Required work -> Going through the data below, tally every line where the string "count" occurs, then give only the tally.
START Provided material
//! Checks whether shares fit a book. Each check is linear in the receipts and the history.
ghost use Rattle.std.specs.Prelude.{◌≡◌, ◌<◌, ◌++◌, ◌∷◌, [], List, ℕ, length, map, All, Decides, MatchBool, OnOk, IfOk, IfErr};
ghost use Rattle.std.specs.List.{list_all};
ghost use Rattle.std.specs.List.Sorted.{IsStrictlyIncreasing};
ghost use Rattle.flurry_seq_recorded.specs.Closing.{AllStand, HasFault, AreNumbered, SharesStand, PlacesStand, all_receipts, places, is_kept};
ghost use Rattle.flurry_seq_recorded.specs.Marks.{AreMarked, AreOnce};
ghost use Rattle.flurry_seq_recorded.specs.declared.closed.CloseFault.TheVariants.{NoMemory};

use crate::closed::CloseFault;
use crate::kept::{KeptCall, KeptEntry};
use crate::share::{Receipt, Share};
use flurry_base::reply::KeptReply;
use std::alloc::Allocator;

// Returns the first fault of the shares that are handed back, or `Ok` if there is none. `given` is the number of shares that were given
// out.
pub(crate) fn first_fault<K: Copy + PartialEq, V: Copy + PartialEq, A: Allocator + Copy>(
    alloc: A,
    given: usize,
    history: &[KeptEntry<K, V>],
    shares: &[Share<K, V, A>],
) -> Result<(), CloseFault>
    ensures ok { OnOk result (AllStand ⟦<KeptCall<K, V> as PartialEq>⟧.eq
        ⟦<KeptReply<K, V> as PartialEq>⟧.eq given history.now shares.now) }
    ensures err { IfErr result (HasFault ⟦<KeptCall<K, V> as PartialEq>⟧.eq
        ⟦<KeptReply<K, V> as PartialEq>⟧.eq given history.now shares.now) }
{
    if !shares_stand(alloc, given, history.len(), shares)? {
        return Err(CloseFault::SharesDiffer);
    }
    if !receipts_stand(history, shares) {
        return Err(CloseFault::ReceiptsDiffer);
    }
    if !places_stand(alloc, history.len(), shares)? {
        return Err(CloseFault::PlacesDiffer);
    }
    Ok(())
}

// Whether the shares are those that were given out, each once, and have as many receipts as there are calls.
fn shares_stand<K: Copy, V: Copy, A: Allocator + Copy>(
    alloc: A,
    given: usize,
    calls: usize,
    shares: &[Share<K, V, A>],
) -> Result<bool, CloseFault>
    ensures ok { IfOk result (λ b. Decides b (SharesStand given calls shares.now)) }
    ensures err { IfErr result (λ e. e ≡ NoMemory) }
{
    if shares.len() != given || !have_receipts(calls, shares) {
        return Ok(false);
    }
    are_numbered(alloc, shares)
}

// Whether the numbers of the shares are those below the number of shares, each once.
fn are_numbered<K: Copy, V: Copy, A: Allocator + Copy>(
    alloc: A,
    shares: &[Share<K, V, A>],
) -> Result<bool, CloseFault>
    ensures ok { IfOk result (λ b. Decides b (AreNumbered (length shares.now) shares.now)) }
    ensures err { IfErr result (λ e. e ≡ NoMemory) }
{
    let mut marks = new_marks(alloc, shares.len())?;
    Ok(mark_numbers(&mut marks, shares))
}

// Whether the number of receipts of all shares is `calls`.
fn have_receipts<K: Copy, V: Copy, A: Allocator>(calls: usize, shares: &[Share<K, V, A>]) -> bool
    ensures { Decides result (length (all_receipts shares.now) ≡ calls) }
{
    let mut left = calls;
    for share in shares {
        let made = share.receipts().len();
        if made > left {
            return false;
        }
        left -= made;
    }
    left == 0
}

// Whether the history has each receipt of all shares at its place.
fn receipts_stand<K: Copy + PartialEq, V: Copy + PartialEq, A: Allocator>(
    history: &[KeptEntry<K, V>],
    shares: &[Share<K, V, A>],
) -> bool
    ensures { result ≡ list_all (λ s. list_all (is_kept ⟦<KeptCall<K, V> as PartialEq>⟧.eq
        ⟦<KeptReply<K, V> as PartialEq>⟧.eq history.now) s.receipts) shares.now }
{
    shares.iter().all(|share| are_kept(history, share))
}

// Whether the history has each receipt of one share at its place.
fn are_kept<K: Copy + PartialEq, V: Copy + PartialEq, A: Allocator>(
    history: &[KeptEntry<K, V>],
    share: &Share<K, V, A>,
) -> bool
    ensures { result ≡ list_all (is_kept ⟦<KeptCall<K, V> as PartialEq>⟧.eq
        ⟦<KeptReply<K, V> as PartialEq>⟧.eq history.now) share.now.receipts }
{
    share
        .receipts()
        .iter()
        .all(|receipt| stands(history, receipt))
}

// Whether the history has one receipt at its place: the same call and the same reply.
fn stands<K: Copy + PartialEq, V: Copy + PartialEq>(
    history: &[KeptEntry<K, V>],
    receipt: &Receipt<K, V>,
) -> bool
    ensures { result ≡ is_kept ⟦<KeptCall<K, V> as PartialEq>⟧.eq
        ⟦<KeptReply<K, V> as PartialEq>⟧.eq history.now receipt.now }
{
    match history.get(receipt.place) {
        Some(entry) => entry.call == receipt.call && entry.reply == receipt.reply,
        None => false,
    }
}

// Whether the places of each share ascend, and no two receipts name one place. All places are below `calls`.
fn places_stand<K: Copy, V: Copy, A: Allocator + Copy>(
    alloc: A,
    calls: usize,
    shares: &[Share<K, V, A>],
) -> Result<bool, CloseFault>
    requires { All (λ r. r.place < calls) (all_receipts shares.now) }
    ensures ok { IfOk result (λ b. Decides b (PlacesStand shares.now)) }
    ensures err { IfErr result (λ e. e ≡ NoMemory) }
{
    if !all_ascend(shares) {
        return Ok(false);
    }
    let mut marks = new_marks(alloc, calls)?;
    Ok(mark_shares(&mut marks, shares))
}

// Whether the places of each share ascend.
fn all_ascend<K: Copy, V: Copy, A: Allocator>(shares: &[Share<K, V, A>]) -> bool
    ensures { Decides result (All (λ s. IsStrictlyIncreasing (places s.receipts)) shares.now) }
{
    for share in shares {
        if !ascend(share.receipts()) {
            return false;
        }
    }
    true
}

// Whether the places of these receipts ascend.
fn ascend<K: Copy, V: Copy>(receipts: &[Receipt<K, V>]) -> bool
    ensures { Decides result (IsStrictlyIncreasing (places receipts.now)) }
{
    for next in 1..receipts.len() {
        if receipts[next - 1].place >= receipts[next].place {
            return false;
        }
    }
    true
}

// A list of `count` places without a mark.
fn new_marks<A: Allocator>(alloc: A, count: usize) -> Result<Vec<bool, A>, CloseFault>
    ensures ok { IfOk result (λ m. AreMarked m.items [] × (length m.items ≡ count)) }
    ensures err { IfErr result (λ e. e ≡ NoMemory) }
{
    Vec::from_elem(alloc, false, count).map_err(|_| CloseFault::NoMemory)
}

// Marks the number of each share in `marks`, none of which is set at first. Returns whether each number has a place there and comes once.
fn mark_numbers<K: Copy, V: Copy, A: Allocator>(
    marks: &mut [bool],
    shares: &[Share<K, V, A>],
) -> bool
    ensures { AreMarked marks.old [] → Decides result
        (AreOnce (length marks.old) (map (λ s. s.number) shares.now)) }
{
    for share in shares {
        if !mark(marks, share.number()) {
            return false;
        }
    }
    true
}

// Marks the place of each receipt of each share in `marks`, none of which is set at first. Returns whether each place is there and comes
// once.
fn mark_shares<K: Copy, V: Copy, A: Allocator>(
    marks: &mut [bool],
    shares: &[Share<K, V, A>],
) -> bool
    ensures { AreMarked marks.old [] → Decides result
        (AreOnce (length marks.old) (places (all_receipts shares.now))) }
{
    for share in shares {
        if !mark_places(marks, share.receipts()) {
            return false;
        }
    }
    true
}

// Marks the place of each receipt in order, up to the first place that is not there or has a mark already. Returns whether there is no such
// place.
fn mark_places<K: Copy, V: Copy>(marks: &mut [bool], receipts: &[Receipt<K, V>]) -> bool
    ensures { (xs : List ℕ) → AreMarked marks.old xs → MatchBool result
        (AreMarked marks.new (xs ++ places receipts.now))
        ((ys : List ℕ) → ¬ AreOnce (length marks.old) (xs ++ places receipts.now ++ ys)) }
{
    for receipt in receipts {
        if !mark(marks, receipt.place) {
            return false;
        }
    }
    true
}

// Marks a place, if it is there and has no mark. Returns whether it did.
fn mark(marks: &mut [bool], place: usize) -> bool
    ensures { (xs : List ℕ) → AreMarked marks.old xs → MatchBool result
        (AreMarked marks.new (xs ++ place ∷ []))
        ((ys : List ℕ) → ¬ AreOnce (length marks.old) (xs ++ place ∷ [] ++ ys)) }
{
    if place >= marks.len() || marks[place] {
        return false;
    }
    marks[place] = true;
    true
}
END Provided material
Problem solution -> 4